COMENTÁRIO: Com um roteiro bem amarrado o filme intercala as sequencia da terapia de Tony com flash- backs do situação atual. Além do trabalho espetacular mostrando com miradas e detalhes sutis através da imagem mostradas pelo diretor através do fotografo e do editor Não é a toa que Bercot levou o premio de melhor atriz em Cannes e 8 indicações para o Cesar. 
Um ótimo filme mesmo com 124 minutos 

Nota 9

A CORTE - DVD

A CORTE  (L'hermine)
Comédia; Policial; Drama / 98 min / França / 2015

Direção: Christian Vincent
Roteiro: Christian Vincent;
Produção: Sidonie Dumas; Tatiana Vialle
Fotografia: Laurent Dailland
Direção de Arte: Patrick Durand
Edição: Yves Deschamps
Elenco: Fabrice Luchini (Michel Racine); Sidse Babett Knudsen (Ditte Lorensen-Coteret);; Corinne Masiero (Marie-Jeanne Metzer); Victor Pontecorvo (Michaël Abiteboul);

SINOPSE: Michele Racine é um juiz temido do tribunal Criminal e comporta-se de forma tao dura consigo mesmo como é com os outros. Conocido como o "Juiz de dois dígitos", sua sentença minima é sempre maior de dez anos. Tudo muda quando Racine reencontra Birgit Lorensen-Coteret, uma antiga paixão que é escolhida como jurada em um novo caso que ele deve julgar.

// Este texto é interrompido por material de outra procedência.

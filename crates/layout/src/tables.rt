// The tables of a script, each as large as the limits allow, in text order; the counts say how many entries are used.
use super::{Constructor, Counts, Definition, Functions, TypeNode, Word};

// Arrays with their counts: a library takes no heap.
#[derive(Clone, Copy)]
pub struct Tables {
    pub counts: Counts,
    // at most 64 datatypes, 512 annotations (each has a type expression), 256 defines and vals
    pub definitions: [Definition; 832],
    pub constructors: [Constructor; 256],
    // the names of parameters, at most six for each define
    pub parameters: [Word; 1536],
    pub types: [TypeNode; 512],
    pub functions: Functions,
}
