// The node list. Each expression, branch and let binding of a script is one node, in the order of their first bytes; the parts of a
// node follow it.
use super::Word;

// What a node is.
#[derive(Clone, Copy, PartialEq, Eq)]
pub enum NodeForm {
    // an entry that no node uses; a case, since the list is of one fixed size and an `Option` around each entry takes more room
    Unused,
    Integer(i32),
    // the place of the first literal with the same bytes
    Symbol(u16),
    Boolean(bool),
    Unit,
    // a name at the node's place, of so many bytes
    Name(u8),
    If,
    Begin,
    Let,
    Case,
    Dup(Word),
    Apply,
    // the name that it binds
    Binding(Word),
    // the place of its pattern
    Branch(u16),
}

#[derive(Clone, Copy, PartialEq, Eq)]
pub struct Node {
    pub form: NodeForm,
    // the place of the form's first byte
    pub place: u16,
    // the number of the node after the last of its parts
    pub past: u16,
}

impl Node {
    // an entry that no node uses
    pub const UNUSED: Node = Node {
        form: NodeForm::Unused,
        place: 0,
        past: 0,
    };
}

COMENTÁRIO: A Corte” no 13º Festival Varilux do cinema francês  é um filme fácil de ver, cativante onde o diretor nos apresenta  um ator veterano Fabrice Luchini atuando discretamente no cinema. 

Outra atriz com um ótimo desempenho é a linda atriz francesa de ascendência dinamarquesa de nome Sidse Babett Knudsen.